::: DATA EXCERPTS

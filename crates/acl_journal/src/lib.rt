//! The journal of an account system: a file of the accepted entries, to which one is added so that every image which a
//! crash may leave stands for the list before it or for the list with it.
#![tactic(auto)]

mod gate;
mod journal;
mod opening;
mod prepared;
mod recovery;
mod refusal;
mod replay;

pub use journal::Journal;
pub use opening::Opened;
pub use prepared::Prepared;
pub use refusal::OpenRefusal;
pub use replay::Replay;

::::::

Repeat, exactly, every line from the one containing "list with it." through the final line of the listing above, adding nothing.

[YOUR SOLUTION]:
//! crash may leave stands for the list before it or for the list with it.
#![tactic(auto)]

mod gate;
mod journal;
mod opening;
mod prepared;
mod recovery;
mod refusal;
mod replay;

pub use journal::Journal;
pub use opening::Opened;
pub use prepared::Prepared;
pub use refusal::OpenRefusal;
pub use replay::Replay;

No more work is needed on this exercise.